(Stored data entries)
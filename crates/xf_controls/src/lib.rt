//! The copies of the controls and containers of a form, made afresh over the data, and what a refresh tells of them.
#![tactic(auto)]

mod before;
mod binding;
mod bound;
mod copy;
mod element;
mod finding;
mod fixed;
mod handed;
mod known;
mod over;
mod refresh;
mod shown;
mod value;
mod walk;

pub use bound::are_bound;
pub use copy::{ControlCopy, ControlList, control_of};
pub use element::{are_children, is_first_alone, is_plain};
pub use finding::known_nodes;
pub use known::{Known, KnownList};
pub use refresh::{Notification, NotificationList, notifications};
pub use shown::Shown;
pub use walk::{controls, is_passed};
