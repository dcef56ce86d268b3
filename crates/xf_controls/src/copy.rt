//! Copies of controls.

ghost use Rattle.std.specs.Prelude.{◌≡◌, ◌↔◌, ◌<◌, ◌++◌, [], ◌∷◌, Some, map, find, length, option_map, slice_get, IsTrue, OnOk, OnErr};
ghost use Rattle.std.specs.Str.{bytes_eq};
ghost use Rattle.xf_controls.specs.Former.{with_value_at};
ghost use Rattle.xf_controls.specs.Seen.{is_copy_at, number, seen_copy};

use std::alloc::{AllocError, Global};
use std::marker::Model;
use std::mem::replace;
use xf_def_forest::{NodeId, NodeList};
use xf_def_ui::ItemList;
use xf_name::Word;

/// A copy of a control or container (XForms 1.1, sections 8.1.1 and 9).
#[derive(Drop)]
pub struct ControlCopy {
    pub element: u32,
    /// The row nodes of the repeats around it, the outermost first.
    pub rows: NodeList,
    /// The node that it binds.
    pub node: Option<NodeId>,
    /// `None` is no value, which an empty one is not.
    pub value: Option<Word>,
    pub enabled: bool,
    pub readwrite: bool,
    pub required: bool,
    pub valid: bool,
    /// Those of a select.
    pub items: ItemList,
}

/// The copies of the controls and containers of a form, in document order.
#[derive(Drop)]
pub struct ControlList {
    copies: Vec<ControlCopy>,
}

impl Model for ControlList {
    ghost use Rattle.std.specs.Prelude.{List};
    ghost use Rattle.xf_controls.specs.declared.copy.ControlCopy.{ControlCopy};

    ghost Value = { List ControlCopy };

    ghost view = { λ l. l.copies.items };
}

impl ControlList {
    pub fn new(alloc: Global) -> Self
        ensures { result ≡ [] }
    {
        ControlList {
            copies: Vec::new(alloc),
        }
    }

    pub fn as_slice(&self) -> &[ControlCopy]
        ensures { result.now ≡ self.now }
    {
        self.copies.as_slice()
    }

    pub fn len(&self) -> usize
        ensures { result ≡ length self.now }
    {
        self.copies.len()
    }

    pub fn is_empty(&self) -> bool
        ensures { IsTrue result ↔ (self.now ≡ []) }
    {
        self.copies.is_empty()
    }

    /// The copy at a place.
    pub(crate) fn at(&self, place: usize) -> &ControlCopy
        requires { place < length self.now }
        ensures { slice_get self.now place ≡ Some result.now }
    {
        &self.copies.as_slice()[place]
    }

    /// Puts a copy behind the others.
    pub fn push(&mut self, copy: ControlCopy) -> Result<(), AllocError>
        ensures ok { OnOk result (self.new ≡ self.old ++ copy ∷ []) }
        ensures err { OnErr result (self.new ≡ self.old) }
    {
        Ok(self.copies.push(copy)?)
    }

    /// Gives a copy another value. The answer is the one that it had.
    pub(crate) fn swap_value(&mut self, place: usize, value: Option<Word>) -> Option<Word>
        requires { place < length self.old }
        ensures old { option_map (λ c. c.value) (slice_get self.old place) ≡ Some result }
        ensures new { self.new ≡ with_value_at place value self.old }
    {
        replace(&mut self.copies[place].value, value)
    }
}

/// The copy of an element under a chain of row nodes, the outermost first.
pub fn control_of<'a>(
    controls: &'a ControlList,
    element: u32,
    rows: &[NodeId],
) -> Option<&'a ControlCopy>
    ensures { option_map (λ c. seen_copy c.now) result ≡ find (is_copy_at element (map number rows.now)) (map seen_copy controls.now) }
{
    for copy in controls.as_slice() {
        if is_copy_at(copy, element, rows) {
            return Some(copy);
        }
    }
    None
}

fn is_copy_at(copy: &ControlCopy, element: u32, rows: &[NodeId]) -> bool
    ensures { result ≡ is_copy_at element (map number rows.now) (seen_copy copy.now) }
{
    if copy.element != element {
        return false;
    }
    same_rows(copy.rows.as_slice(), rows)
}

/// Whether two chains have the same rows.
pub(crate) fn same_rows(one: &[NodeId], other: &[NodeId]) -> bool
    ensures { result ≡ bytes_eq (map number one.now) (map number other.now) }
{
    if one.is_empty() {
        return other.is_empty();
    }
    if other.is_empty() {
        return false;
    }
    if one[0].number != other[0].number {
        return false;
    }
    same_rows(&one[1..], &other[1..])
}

**EXERCISE AIM:**
Pull out every line of the records that includes the string "NodeList".

**EXPECTED ANSWER:**
use xf_def_forest::{NodeId, NodeList};
    pub rows: NodeList,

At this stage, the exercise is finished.